The risk assessment concluded that, based on plausible assumptions, the patient was more likely to have been infected by a batch of Factor VIII that was not sourced from a pool containing plasma from the donor known to have vCJD (a non-implicated batch), than by one of the two implicated batches that were linked to this donor.

This is because far more units of non-implicated than implicated batches were administered to this patient. Each batch of plasma product is sourced from many thousands of donors (around 20,000), any one of whom could have had an asymptomatic abnormal prion protein infection. The relative risks from implicated and non-implicated batches will only be clarified further by long-term follow-up of patients.

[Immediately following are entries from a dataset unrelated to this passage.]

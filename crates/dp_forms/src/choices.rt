//! The forms that have a condition.

ghost use Rattle.std.specs.Prelude.{◌≡◌, ◌≤◌, ◌<◌, ◌^◌, IsTrue, length, not};
ghost use Rattle.std.specs.Option.{IfSome, MatchOption};
ghost use Rattle.dp_base.specs.Arithmetic.{number_of, is_zero};
ghost use Rattle.dp_forms.specs.Values.{HasEvaluated, OfAnd, OfOr};
ghost use Rattle.dp_forms.specs.Codes.{Runs, Enters, OfIf};

use super::codes::Code;
use super::loops::Apart;
use super::state::State;
use super::values::Value;
use dp_base::Row;
use dp_native::holds;
use dp_tree::{Expr, Program, Stmt};
use std::marker::PhantomData;

/// `&&`: B isn't evaluated where A is 0.
pub struct And<A, B> {
    of: PhantomData<(A, B)>,
}

impl<const N: usize, A: Value<N>, B: Value<N>> Value<N> for And<A, B> {
    ghost is_of = { OfAnd A.is_of B.is_of };

    fn is(program: &Program, homes: &[u32], size: u32, expression: &Expr) -> bool {
        match expression {
            Expr::And(left, right) => {
                A::is(program, homes, size, left.get()) && B::is(program, homes, size, right.get())
            }
            _ => false,
        }
    }

    #[inline(always)]
    fn value<W>(input: &[i64], memory: &[i64], registers: &[i64; N]) -> Option<i64> {
        let a = A::value::<W>(input, memory, registers)?;
        let holds_first = holds(a);
        if !holds_first {
            return Some(0);
        }
        let b = B::value::<W>(input, memory, registers)?;
        Some(truth(b))
    }
}

/// `||`: B isn't evaluated where A isn't 0.
pub struct Or<A, B> {
    of: PhantomData<(A, B)>,
}

impl<const N: usize, A: Value<N>, B: Value<N>> Value<N> for Or<A, B> {
    ghost is_of = { OfOr A.is_of B.is_of };

    fn is(program: &Program, homes: &[u32], size: u32, expression: &Expr) -> bool {
        match expression {
            Expr::Or(left, right) => {
                A::is(program, homes, size, left.get()) && B::is(program, homes, size, right.get())
            }
            _ => false,
        }
    }

    #[inline(always)]
    fn value<W>(input: &[i64], memory: &[i64], registers: &[i64; N]) -> Option<i64> {
        let a = A::value::<W>(input, memory, registers)?;
        let holds_first = holds(a);
        if holds_first {
            return Some(1);
        }
        let b = B::value::<W>(input, memory, registers)?;
        Some(truth(b))
    }
}

/// The choice between A and B.
pub struct If<const S: u32, C, A, B> {
    of: PhantomData<(C, A, B)>,
}

impl<const N: usize, const S: u32, C: Value<N>, A: Code<N>, B: Code<N>> Code<N> for If<S, C, A, B> {
    ghost is_of = { OfIf S C.is_of A.is_of B.is_of };

    fn is(program: &Program, homes: &[u32], size: u32, statements: &[Stmt]) -> bool {
        match statements {
            [
                Stmt::If {
                    site,
                    cond,
                    then_part,
                    else_part,
                },
            ] => {
                site.0 == S
                    && S != 0
                    && C::is(program, homes, size, cond)
                    && A::is(program, homes, size, then_part.as_slice())
                    && B::is(program, homes, size, else_part.as_slice())
            }
            _ => false,
        }
    }

    #[inline(always)]
    fn run<W>(input: &[i64], memory: &mut [i64], out: &mut Row<i64>, state: State<N>) -> State<N>
        requires { state.at ≡ 0 }
        ensures less { result.fuel ≤ state.entry.fuel }
        ensures small { result.at < 2 ^ 32 }
        ensures runs { Runs (OfIf S C.is_of A.is_of B.is_of) input.now state.entry.fuel state.entry.registers memory.old out.old result.at result.fuel
            result.registers memory.new out.new }
    {
        let left = state.left_at(S);
        if state.fuel < 1 {
            return left;
        }
        let next = state.stepped();
        match C::value::<W>(input, memory, &state.registers) {
            Some(test) => {
                let yes = holds(test);
                if yes {
                    let then_to = A::run::<W>(input, memory, out, next);
                    then_to
                } else {
                    let else_to = B::run::<W>(input, memory, out, next);
                    else_to
                }
            }
            None => left,
        }
    }

    fn enter(
        site: u32,
        input: &[i64],
        memory: &mut [i64],
        out: &mut Row<i64>,
        state: &State<N>,
    ) -> Option<State<N>>
        requires { state.now.at ≡ 0 }
        ensures { MatchOption result ((memory.new ≡ memory.old) × (out.new ≡ out.old)) (λ to. (to.at < 2 ^ 32)
            × Enters (OfIf S C.is_of A.is_of B.is_of) site input.now state.now.fuel state.now.registers memory.old out.old to.at to.fuel to.registers
            memory.new out.new) }
    {
        if site == S {
            let to = Self::run::<Apart>(input, memory, out, *state);
            return Some(to);
        }
        match A::enter(site, input, memory, out, state) {
            Some(to) => Some(to),
            None => match B::enter(site, input, memory, out, state) {
                Some(to) => Some(to),
                None => None,
            },
        }
    }
}

/// 1 for a value that isn't 0, and 0 for 0.
#[inline(always)]
#[tactic(auto, unfolding(dp_base::specs::Arithmetic::is_zero, dp_base::specs::Arithmetic::number_of))]
fn truth(value: i64) -> i64
    ensures { result ≡ number_of (not (is_zero value)) }
{
    (value != 0) as i64
}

The CJD Incidents Panel considered the risk assessment, together with other information, and concluded that this evidence confirms its existing advice to patients already notified as at increased risk of vCJD. There is therefore currently no reason to change that advice, nor to notify any new groups of patients. There is no change in the public health vCJD "at risk" status of any patients with bleeding disorders.

All patients with bleeding disorders [3] who have been treated with UK-sourced pooled factor concentrates or antithrombin [4] between 1980 and 2001 [5] are classified as "at risk of vCJD for public health purposes". Special infection control precautions and other safety measures apply to these patients.

All haemophilia centre doctors were informed of the Panel's decision on Tuesday, 9 June, 2009 and were asked to send a letter to their patients who have been notified as at increased risk of vCJD. Further information is available at http://www.hpa.org.uk/vcjdplasmaproducts.

Notes

1. vCJD risk assessment calculations for a patient with multiple routes of exposure. Department of Health, 9 June 2009. Available at: http://www.dh.gov.uk/en/Publicationsandstatistics/Publications/
PublicationsPolicyAndGuidance/DH_100357

2. HPA. Post mortem finding of asymptomatic variant Creutzfeldt-Jakob Disease abnormal prion protein in a person with haemophilia, Health Protection Report [serial online] 2009; 3 (10): news. Available at: http://www.hpa.org.uk/hpr/archives/2009/news0709.htm#vcjd.

3. Defined here as congenital and acquired haemophilia (Haemophilia A and Haemophilia B), Von Willebrand Disease, other congenital bleeding disorders and congenital antithrombin III deficiency.

4. ie clotting factors and antithrombin made from pooled plasma. These include factor VIII, factor IX, factor VII, factor XI, factor XIII and prothrombin complex concentrates as well as antithrombin.

5. The start date of 1980 is when BSE is thought to have entered the human food chain. The end date of 2001 is the last possible expiry date of any product manufactured by the UK fractionators that was sourced from UK donors until 1998.